Allah mengabadikan Firman-Nya dalam rupa tulisan dan sebuah kitab. Dalam Islam tidak ada mu’jizat berupa pedang atau alat perang dalam bentuk apapun. Pena Allah yang telah bergerak menulisnya, sebagai Kalam Suci Sang Maha Mulia, Allah, Tuhan Seluruh Alam.
“Tulisan-tulisan-Nya” mengandungi fakta dan Konsep-Nya dalam Pengetahuan-Nya, menjadi pedoman berpikir umat Ulul al Bab.
Al Qur’an, merupakan mu’jizat terbesar dari seorang Nabi Agung Muhammad SAW. Dibandingkan dengan mu’jizat-mu’jizat lainnya, sepintas Al Qur’an terkesan dan seolah tidak ada harganya. Segenggam mushaf ini sejatinya dimuliakan, dikekalkan sebagai Mu’jizat Terbesar sepanjang zaman.
Coba, kita perhatikan betapa peperangan-peperangan besar pada zaman Nabi, dalam suasana berkecamuk seperti dalam Perang Badar, kemudian dalam perang-perang berikutnya, Mu’jizat Nabi Muhammad SAW hadir entah disadari oleh para sahabat atau tidak, dan juga pada saat mu’jizat itu datang membela Muhammad ketika orang-orang kafir “menantang” keaslian status “Rasulullah” yang melekat pada Muhammad. Mu’jizat menampakkan diri melumpuhkan pendirian dan keyakinan sesat mukafirun. Begitu hebatnya, saat Nabi Muhammad membelah bulan, dan lain-lainnya. Semua itu dengan kehendak Allah, hadir sebagai tanda kenabian Muhammad SAW.
Peperangan dalam sejarah pengembangan Islam memang benar terjadi, sebagai konsekuensi logis dari adanya persaingan dan perebutan pengaruh dari lawan-lawan penguasa Islam ketika itu. Tetapi, untuk dicatat, bahwa peperangan tersebut sebagai akibat dari provokasi dan tekanan dari musuh-musuh Islam, yang menginginkan Islam menjadi arang dan hangus dari muka bumi, yang tentunya ini tidak akan dibiarkan oleh para pejuang Islam. Perangpun dimulai dan terus menerus, melintasi gugusan abad demi abad. Sampai semuanya berhenti pada Perang Dunia II.
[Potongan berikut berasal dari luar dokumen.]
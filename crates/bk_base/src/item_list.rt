//! Lists of items.

ghost use Rattle.std.specs.Prelude.{◌≡◌, ◌↔◌, [], ◌∷◌, ◌++◌, ◌<◌, length, take, drop, slice_get, slice_set, IsTrue, OnOk, OnErr, IfNone, option_copied, option_to_list};

use crate::memory::NoMemory;
use std::alloc::Global;
use std::marker::Model;

/// Items in order, which contracts see as their list.
///
/// It is made of a `Vec`, and gives it back, without taking memory.
#[derive(Debug, Drop)]
pub struct ItemList<T> {
    items: Vec<T>,
}

impl<T> Model for ItemList<T> {
    ghost use Rattle.std.specs.Prelude.{List};

    ghost Value = { List T };

    ghost view = { λ l. l.items.items };
}

impl<T> ItemList<T> {
    /// No items, without memory taken.
    pub fn new(alloc: Global) -> ItemList<T>
        ensures { result ≡ [] }
    {
        ItemList {
            items: Vec::new(alloc),
        }
    }

    /// Puts an item at the end. It is refused for want of memory alone, and then nothing has changed.
    pub fn push(&mut self, item: T) -> Result<(), NoMemory>
    where
        T: Drop,
        ensures ok { OnOk result (self.new ≡ self.old ++ item ∷ []) }
        ensures err { OnErr result (self.new ≡ self.old) }
    {
        self.items.push(item)?;
        Ok(())
    }

    /// Item `i`, counted from 0. None exactly where there are not so many.
    pub fn get(&self, i: usize) -> Option<&T>
        ensures { option_copied result ≡ slice_get self.now i }
    {
        self.items.get(i)
    }

    /// Puts an item in the place of item `i`, counted from 0.
    pub fn set(&mut self, i: usize, item: T)
    where
        T: Drop,
        requires { i < length self.old }
        ensures { self.new ≡ slice_set self.old i item }
    {
        self.items[i] = item;
    }

    /// Takes the last item off. None exactly where there is none.
    pub fn pop(&mut self) -> Option<T>
        ensures taken { self.old ≡ self.new ++ option_to_list result }
        ensures none { IfNone result (self.new ≡ []) }
    {
        self.items.pop()
    }

    /// Keeps the first `n` items, or all where there are not so many.
    pub fn truncate(&mut self, n: usize)
    where
        T: Drop,
        ensures { self.new ≡ take n self.old }
    {
        self.items.truncate(n);
    }

    /// Drops the first `n` items, or all where there are not so many, without taking memory.
    pub fn drop_front(&mut self, n: usize)
    where
        T: Drop,
        ensures { self.new ≡ drop n self.old }
    {
        let end = n.min(self.items.len());
        drop(self.items.drain(..end));
    }

    /// The items.
    pub fn as_slice(&self) -> &[T]
        ensures { result.now ≡ self.now }
    {
        self.items.as_slice()
    }

    /// How many items there are.
    pub fn len(&self) -> usize
        ensures { result ≡ length self.now }
    {
        self.items.len()
    }

    /// Whether there is none.
    pub fn is_empty(&self) -> bool
        ensures { IsTrue result ↔ (self.now ≡ []) }
    {
        self.items.is_empty()
    }
}

impl<T> From<Vec<T>> for ItemList<T> {
    ghost from_gives = { λ v l. l ≡ v.items };

    fn from(items: Vec<T>) -> ItemList<T> {
        ItemList { items }
    }
}

impl<T> From<ItemList<T>> for Vec<T> {
    ghost from_gives = { λ l v. v.items ≡ l };

    fn from(list: ItemList<T>) -> Vec<T> {
        list.items
    }
}
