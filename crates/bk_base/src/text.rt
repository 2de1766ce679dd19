//! Text, as its bytes.

ghost use Rattle.std.specs.Prelude.{◌≡◌, IfOk, OnOk, IsErrOf, string_bytes};
ghost use Rattle.std.specs.Str.{IsUtf8};
ghost use Rattle.bk_base.specs.declared.text.TextFault.TheVariants as faults;

use std::alloc::{AllocError, Global};
use std::marker::Model;
use thiserror::Error;

/// Text in UTF-8, which contracts see as its bytes.
#[derive(Debug, Drop)]
pub struct Text {
    text: String,
}

impl Model for Text {
    ghost use Rattle.std.specs.Prelude.{ℕ, List, string_bytes};

    ghost Value = { List ℕ };

    ghost view = { λ t. string_bytes t.text };
}

/// Why bytes could not be made into a text.
#[derive(Clone, Copy, Debug, PartialEq, Eq, Error)]
pub enum TextFault {
    #[error("the bytes are not UTF-8")]
    NotUtf8,
    #[error("out of memory")]
    NoMemory,
}

impl From<AllocError> for TextFault {
    ghost from_gives = { λ _ e. e ≡ faults.NoMemory };

    fn from(_e: AllocError) -> TextFault {
        TextFault::NoMemory
    }
}

impl Text {
    /// A copy of the bytes, where they are UTF-8.
    pub fn from_bytes(alloc: Global, s: &[u8]) -> Result<Text, TextFault>
        ensures same { IfOk result (λ t. t ≡ s.now) }
        ensures utf8 { OnOk result (IsUtf8 s.now) }
        ensures not_utf8 { IsErrOf result TextFault.NotUtf8 → ¬ IsUtf8 s.now }
    {
        match std::str::from_utf8(s) {
            Ok(text) => Ok(Text {
                text: String::from_str(alloc, text)?,
            }),
            Err(_) => Err(TextFault::NotUtf8),
        }
    }

    /// The text's bytes.
    pub fn as_bytes(&self) -> &[u8]
        ensures same { result.now ≡ self.now }
        ensures utf8 { IsUtf8 self.now }
    {
        self.text.as_str().as_bytes()
    }

    /// The text, for what takes a `&str`.
    pub fn as_str(&self) -> &str
        ensures { result.now ≡ self.now }
    {
        self.text.as_str()
    }
}

impl From<String> for Text {
    ghost from_gives = { λ s t. t ≡ string_bytes s };

    fn from(text: String) -> Text {
        Text { text }
    }
}
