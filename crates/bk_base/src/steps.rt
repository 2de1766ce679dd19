//! Counts of steps.

ghost use Rattle.std.specs.Prelude.{◌≡◌, ◌+◌, ℕ};

use std::marker::{Model, PhantomData};

// A number that proofs alone see.
#[derive(Drop)]
struct Count {
    ghost number: { ℕ },
}

impl Model for Count {
    ghost use base.Fml.{ftrue};

    ghost also_owns = { λ _. ftrue };
}

impl Count {
    fn zero() -> Count
        ensures { result.number ≡ 0 }
    {
        Count {}
    }

    fn next(&self) -> Count
        ensures { result.number ≡ self.now.number + 1 }
    {
        Count {}
    }
}

/// How many steps were taken, which contracts see as a number. It takes no bytes.
///
/// [`Steps::tick`] alone raises it, and it can be neither copied nor set back. Who has no value of
/// type `L` can start no second count of that type.
#[derive(Drop)]
pub struct Steps<L> {
    count: Count,
    ledger: PhantomData<L>,
}

impl<L> Model for Steps<L> {
    ghost use Rattle.std.specs.Prelude.{ℕ};

    ghost Value = { ℕ };

    ghost view = { λ s. s.count.number };
}

impl<L> Steps<L> {
    /// No step so far.
    pub fn start(ledger: L) -> Steps<L>
    where
        L: Drop,
        ensures { result ≡ 0 }
    {
        let _ = ledger;
        Steps {
            count: Count::zero(),
            ledger: PhantomData,
        }
    }

    /// Counts one step. At run time it does nothing.
    pub fn tick(&mut self)
        ensures { self.new ≡ self.old + 1 }
    {
        let next = self.count.next();
        self.count = next;
    }
}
Kita menyaksikan berbagai peperangan meletus dalam perjalanan agama Islam, menghiasi cerita perjuangan tentara Islam melawan kaum kafir yang hendak memusnahkan agama Islam dari muka bumi ini. Ratusan, bahkan ribuan para syuhada gugur di medan juang, membela kemuliaan Al Qur’an, Kalam Allah.
Dan tanpa bermaksud merendahkan dan mengesampingkan perjuangan syuhada mempertahankan agama Islam agar tetap hidup dan ada di dunia ini, sebait kalimat dari seorang Ulama pada sekitar abad XIV Masehi, bernama Ibnu Qayyim Al Jauziyah (http://id.wikipedia.org/wiki/Ibnu_Qayyim_Al-Jauziyyah ). Kalimat itu bukanlah hadits dari Nabi Muhammad SAW, akan tetapi maknanya begitu dalam dan futuristik, yaitu
"Setetes tinta dari penulis itu lebih mulia dibanding darah yang tercurah dari para syuhada".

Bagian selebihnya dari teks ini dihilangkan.